Electrical power, often inaccurate as electricity or electricity called, plays a very important role in modern energy technology. Although it can only be stored directly in relatively small quantities (especially in capacitors), it can, however, be converted into various other forms of energy with often high levels of efficiency and, conversely (with often lower levels of efficiency), can be obtained from other forms of energy. It represents pure exergy (energy capable of working). Another advantage of electrical energy is that it can be transmitted very easily with cables, even over long distances - with high-voltage direct current transmission even over thousands of kilometers with moderate energy losses.

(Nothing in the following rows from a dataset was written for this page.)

//! The parts of a line as they are read: labels and numbers, each at the front of what is left of it.
ghost use Rattle.std.specs.Prelude.{◌≡◌, ◌≤◌, true, Some, None, IfOk, MatchOption};
ghost use Rattle.std.specs.Char.{is_ascii_digit};
ghost use Rattle.std.specs.List.{list_all};
ghost use Rattle.dw_read_report.specs.Reading.{Gives, after, after_digits, after_label, digits_at, has_zero_first};
ghost use Rattle.dw_read_report.specs.Reading.{long_number, number_at, number_of, short_number, statement_at};

use crate::faults::LineFault;

/// The bytes after `label`, where they begin with it.
pub fn after_label<'a>(bytes: &'a [u8], label: &str) -> Option<&'a [u8]>
    ensures { MatchOption result
        (after_label label.now bytes.now ≡ None) (λ rest. after_label label.now bytes.now ≡ Some rest.now) }
{
    match bytes.strip_prefix(label.as_bytes()) {
        Some(rest) => Some(rest),
        None => None,
    }
}

/// The bytes after `label`, with which they begin.
pub fn read_label<'a>(bytes: &'a [u8], label: &str) -> Result<&'a [u8], LineFault>
    ensures { Gives (λ rest. rest.now) result (after_label label.now bytes.now) }
{
    match after_label(bytes, label) {
        Some(rest) => Ok(rest),
        None => Err(LineFault::Bad),
    }
}

/// The digits that the bytes begin with, and the bytes after them.
fn split_digits(bytes: &[u8]) -> (&[u8], &[u8])
    ensures digits { result.0.now ≡ digits_at bytes.now }
    ensures rest { result.1.now ≡ after_digits bytes.now }
    ensures all { list_all is_ascii_digit result.0.now ≡ true }
{
    for (index, byte) in bytes.iter().enumerate() {
        if !byte.is_ascii_digit() {
            return bytes.split_at(index);
        }
    }
    bytes.split_at(bytes.len())
}

/// Whether digits have a zero before another digit.
fn has_zero_first(digits: &[u8]) -> bool
    ensures { result ≡ has_zero_first digits.now }
{
    matches!(digits, [b'0', _, ..])
}

/// The number that digits write, where they write it as it is printed, and it is below 2^64.
fn number_of(digits: &[u8]) -> Option<u64>
    requires { list_all is_ascii_digit digits.now ≡ true }
    ensures { result ≡ number_of digits.now }
{
    if has_zero_first(digits) {
        return None;
    }
    let Ok(text) = str::from_utf8(digits) else {
        return None;
    };
    match text.parse::<u64>() {
        Ok(number) => Some(number),
        Err(_) => None,
    }
}

/// A number from `least` to `most`.
#[tactic(auto, unfolding(crate::specs::Reading::number_at))]
pub fn read_number(bytes: &[u8], least: u64, most: u64) -> Result<(u64, &[u8]), LineFault>
    ensures gives { Gives (λ x. (x.0, x.1.now)) result (number_at least most bytes.now) }
    ensures range { IfOk result (λ x. x.0 ≤ most) }
{
    let (digits, rest) = split_digits(bytes);
    let Some(value) = number_of(digits) else {
        return Err(LineFault::Bad);
    };
    if value < least || most < value {
        return Err(LineFault::Bad);
    }
    Ok((value, rest))
}

/// A number that fits 32 bits.
pub fn read_short(bytes: &[u8]) -> Result<(u32, &[u8]), LineFault>
    ensures { Gives (λ x. (x.0, x.1.now)) result (short_number bytes.now) }
{
    let (value, rest) = read_number(bytes, 0, 4_294_967_295)?;
    Ok((value as u32, rest))
}

/// A number that fits 64 bits.
pub fn read_long(bytes: &[u8]) -> Result<(u64, &[u8]), LineFault>
    ensures { Gives (λ x. (x.0, x.1.now)) result (long_number bytes.now) }
{
    read_number(bytes, 0, 18_446_744_073_709_551_615)
}

/// A number that fits 32 bits, after a label.
pub fn read_short_after<'a>(bytes: &'a [u8], label: &str) -> Result<(u32, &'a [u8]), LineFault>
    ensures { Gives (λ x. (x.0, x.1.now)) result (after label.now short_number bytes.now) }
{
    read_short(read_label(bytes, label)?)
}

/// A number that fits 64 bits, after a label.
pub fn read_long_after<'a>(bytes: &'a [u8], label: &str) -> Result<(u64, &'a [u8]), LineFault>
    ensures { Gives (λ x. (x.0, x.1.now)) result (after label.now long_number bytes.now) }
{
    read_long(read_label(bytes, label)?)
}

/// A session and a statement.
#[tactic(auto, unfolding(crate::specs::Reading::statement_at))]
pub fn read_statement(bytes: &[u8]) -> Result<((u32, u32), &[u8]), LineFault>
    ensures { Gives (λ x. (x.0, x.1.now)) result (statement_at bytes.now) }
{
    let (session, rest) = read_short(bytes)?;
    let (statement, rest) = read_short_after(rest, " ")?;
    Ok(((session, statement), rest))
}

Generation of electrical energy

Electrical energy is a high-quality, versatile form of energy, but its generation in thermal power plants is lossy.

Electrical energy is obtained in large quantities in various types of power plants; one speaks briefly but imprecisely of Power generation. In most cases, mechanical energy is converted into electrical energy with the help of a generator, which is possible with a very high degree of efficiency (often well over 90%). The mechanical energy is either taken directly from nature (mostly as water power or wind energy) or obtained from thermal energy in heat engines. In the latter case, the conversion takes place with moderate efficiencies (often between 30% and 50%), which are limited by the second law of thermodynamics, but in practice can still be well below this limit. Higher overall efficiency levels can be achieved with combined heat and power, i. H. with simultaneous use of waste heat.

Methods that are still less widespread today are photovoltaics (direct generation of electrical energy from sunlight) and the use of fuel cells for the direct conversion of chemical into electrical energy. There are also thermoelectric generators that can convert heat directly into electrical energy, whereby a temperature gradient is required just as with heat engines and the conversion efficiency is limited.

Transmission of electrical energy

Electrical energy can be transmitted in the form of electrical power using overhead lines and cables. Here is the electrical power (Amount of energy per unit of time) the product of the current strength and the electrical voltage. For example, a current of 3 A (ampere) at a voltage of 12 V (volts) leads to an output of 3 A * 12 V = 36 W (watts), and within 2 hours an amount of energy of 72 Wh (watt hours) is transferred . Amounts of electrical energy are often measured in kilowatt hours (= 1000 watt hours), with larger amounts also in megawatt, gigawatt and terawatt hours.

The transmission of high powers requires high voltages in order to keep the energy losses low.

Since electrical lines have the higher the power losses, the higher the current intensity, high outputs with moderate currents, but very high voltages with Power lines transfer. The voltages used are usually hundreds of kilovolts (kV), sometimes even over one megavolt (MV).

The most common is the transfer of Alternating current, in which the current and voltage with a frequency of z. B. oscillate 50 Hz. (You then have 50 oscillations of current strength and voltage per second.) Opposite that Direct current Alternating current has the advantage that the voltage can be brought to a higher or lower level relatively easily with the help of transformers. However, high-voltage direct current transmission is becoming increasingly important, especially for high power and long distances, as it enables lower transmission losses, especially with underwater cables. Modern power electronics can convert alternating current into direct current with very low losses (with rectifiers) and vice versa (with inverters).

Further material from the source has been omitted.